林州臉更黑了,方纔還帶着的一絲笑意現在消失無蹤,恨不得一巴掌拍死我似地,我趕緊丟下杯子捂着嘴巴說,“林老闆,不好意思,我身體不舒服,先失陪。”

沒等林州說話,我立即轉身,問了服務生洗手間的位置,趕緊快步奔向洗手間抱着水槽吐了一圈,說真的,懷孕這麼久,我就吐過一段時間,中間已經很久不吐了,直到今晚遇到林州,一下子就噁心了。

這嘔吐真的讓人力不從心,吐完了身上便沒什麼力氣,身子軟軟的,我抓着洗手檯緩了好一會兒,捧了冷水漱口,又收拾收拾妝容,這才走出洗手間。
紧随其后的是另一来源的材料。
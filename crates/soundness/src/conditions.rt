// Why a store is not fit: a call is refused by these in this order.
ghost use Rattle.std.specs.Prelude.{◌≡◌};
ghost use Rattle.soundness.specs.Verdict.{refusal_of};

use refusals::Refusal;

#[derive(Clone, Copy, Debug, PartialEq, Eq)]
pub enum Unfit {
    Short,
    Unsound,
    Unloaded,
}

impl From<Unfit> for Refusal {
    ghost from_gives = { λ why refusal. refusal ≡ refusal_of why };

    #[tactic(auto, unfolding(crate::specs::Verdict::refusal_of))]
    fn from(why: Unfit) -> Refusal {
        match why {
            Unfit::Short => Refusal::StoreShort,
            Unfit::Unsound => Refusal::StoreUnsound,
            Unfit::Unloaded => Refusal::NothingLoaded,
        }
    }
}
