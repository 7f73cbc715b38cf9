// What a new text moves: the References whose answer is another then, counted by reading alone, as if the text were set;
// and these answers moved and listed.
//
// A changed Reference moves its own answer only; a changed name those of References that bear its old or its new text
// and lie inside the scope that holds it. Nothing else is resolved again. It knows no byte offset.
#![tactic(auto)]

mod by_name;
mod by_reference;
mod moved;
mod named;
mod place;

pub use place::{Place, count_moved, move_answers_of};
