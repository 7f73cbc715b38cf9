// A name whose text is to change, and which References that may move.
ghost use Rattle.std.specs.Prelude.{◌≡◌, ◌||◌};
ghost use Rattle.spec.specs.Scopes.{expr_at};
ghost use Rattle.spec.specs.Answer.{reference_text};
ghost use Rattle.spec.specs.Calls.{at_name};
ghost use Rattle.spec.specs.Moved.{bears, may_move};
ghost use Rattle.layout.specs.Layout.{Long};
ghost use Rattle.layout.specs.Texts.{text_in};
ghost use Rattle.layout.specs.States.{module_in};
ghost use Rattle.layout.specs.Keeps.{scopes_in};
ghost use Rattle.moving.specs.Moving.{About};

use kept::{scope_holding, scope_of};
use module::{ExprId, NameId, ScopeId, TextId};
use resolve::within;
use rows::{name_text, reference_text};
use texts::{text_is, texts_equal};

// With the text that it has and the scope that holds it, which are looked for once.
#[derive(Clone, Copy)]
pub struct Named {
    pub name: NameId,
    pub text: TextId,
    pub scope: Option<ScopeId>,
}

pub(crate) fn find_name(store: &[u8], x: NameId) -> Named
    requires { Long store.now }
    ensures { About store.now result × (result.name ≡ x) }
{
    let text = name_text(store, x);
    let scope = scope_holding(store, x);
    Named {
        name: x,
        text,
        scope,
    }
}

// Whether an expression is a Reference that bears the old text or the new one.
#[tactic(auto, unfolding(spec::specs::Moved::bears, layout::specs::Texts::maybe_text))]
fn bears_either(store: &[u8], e: ExprId, old: TextId, new: &[u8]) -> bool
    requires { Long store.now }
    ensures { result ≡ (bears (text_in store.now old.0) (reference_text (expr_at (module_in store.now) e.0)) || bears new.now (reference_text (expr_at (module_in store.now) e.0))) }
{
    let Some(t) = reference_text(store, e) else {
        return false;
    };
    if texts_equal(store, old, t) {
        return true;
    }
    text_is(store, t, new)
}

// Few bear either text, so that the scopes around the others are not looked at.
#[tactic(auto, unfolding(spec::specs::Moved::may_move, spec::specs::Moved::bears))]
pub(crate) fn may_move(store: &[u8], e: ExprId, x: Named, new: &[u8]) -> bool
    requires { Long store.now × About store.now x }
    ensures { result ≡ may_move (module_in store.now) (scopes_in store.now) (at_name x.name.0) new.now e.0 }
{
    if !bears_either(store, e, x.text, new) {
        return false;
    }
    let around = x.scope;
    within(store, around, scope_of(store, e))
}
然而走出去的一刻,我腳步便凝住了,林州和一個黑衣保鏢就站在洗手間門口等着我,林州手裡夾着煙,猛吸了一口,煙霧繚繞中看着我,嘴角稍稍一扯動,那大金牙就漏出來了。他對我冷冽一笑,緩緩擡起手吸了一口煙,迷離曖昧的眼神鎖在我身上,我一下子感覺不對勁,不由地抓緊了拳頭,趕緊衝回洗手間。當時洗手間裡的人都走光了,這會兒正是晚宴熱鬧的時候,跳舞的跳舞,聊天的聊天,沒幾個人有閒工夫上廁所。偌大的洗手間除了化妝區和盥洗臺,就剩下里頭的隔板間,林州和他的保鏢腳步聲漸漸近了,我猶豫不得,趕緊轉進一個隔板間裡,把門給扣上了!
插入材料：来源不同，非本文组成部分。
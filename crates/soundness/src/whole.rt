// docs/RULES.md, "The condition of a store": "22 store unsound: a count over its limit, a number outside the list that
// docs/STORE.md gives for it, a parent scope not numbered below its child, or a child expression not numbered below its
// parent." No row or item is gone over more than twice, so the cost is linear in the store's length for any bytes.
ghost use Rattle.std.specs.Prelude.{◌≡◌};
ghost use Rattle.layout.specs.Layout.{Long};
ghost use Rattle.soundness.specs.Sound.{sound, condition_of};
ghost use Rattle.soundness.specs.Verdict.{verdict};

use crate::conditions::Unfit;
use crate::counted::CountedStore;
use layout::tables::{EXPR_COUNT, STORE_BYTES};
use words::get32;

#[tactic(auto, unfolding(crate::specs::Sound::sound))]
pub fn sound(store: &[u8]) -> bool
    requires { Long store.now }
    ensures { result ≡ sound store.now }
{
    let Some(rows) = CountedStore::new(store) else {
        return false;
    };
    rows.entry_fits()
        && rows.exprs_fit()
        && rows.names_fit()
        && rows.diagnostics_fit()
        && rows.scopes_fit()
        && rows.kept_fits()
}

// 21 before 22 before 23.
#[tactic(auto, unfolding(crate::specs::Verdict::verdict, crate::specs::Sound::condition_of))]
pub fn condition(store: &[u8]) -> Result<(), Unfit>
    ensures { result ≡ verdict (condition_of store.now) }
{
    if store.len() < STORE_BYTES {
        return Err(Unfit::Short);
    }
    if !sound(store) {
        return Err(Unfit::Unsound);
    }
    if get32(store, EXPR_COUNT) == 0 {
        return Err(Unfit::Unloaded);
    }
    Ok(())
}
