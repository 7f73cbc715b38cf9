// An answer held against the one that is kept.
ghost use Rattle.layout.specs.Layout.{Long};
ghost use Rattle.moving.specs.Moving.{OtherThan};

use answer::Answer;
use kept::kept_answer;
use module::ExprId;

// Both stand at one place, so that their Withs, which are those of the place, are the same: `==` is enough.
#[tactic(auto, unfolding(answer::specs::Answers::maybe_with))]
pub(crate) fn unless_kept(store: &[u8], e: ExprId, a: Answer) -> Option<Answer>
    requires { Long store.now }
    ensures { OtherThan e.0 a store.now result }
{
    match kept_answer(store, e) {
        Some(was) => { if was == a { None } else { Some(a) } }
        None => Some(a),
    }
}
進去後我才發現,我躲進的是工具間,裡面放了些拖把笤帚之類的東西,還有一根細細的鋼條,大約有中指那麼粗。我慌張地抓着鋼條不敢出聲,林州和他保鏢已經進來洗手間,大約是洗四周隔音效果很差的緣故,林州說話的聲音一清二楚,在略微封閉的空間裡顯得格外響亮和幽長,他命令地說,“給我找,一間一間挨着找!媽的,這臭娘們今晚跑不掉!”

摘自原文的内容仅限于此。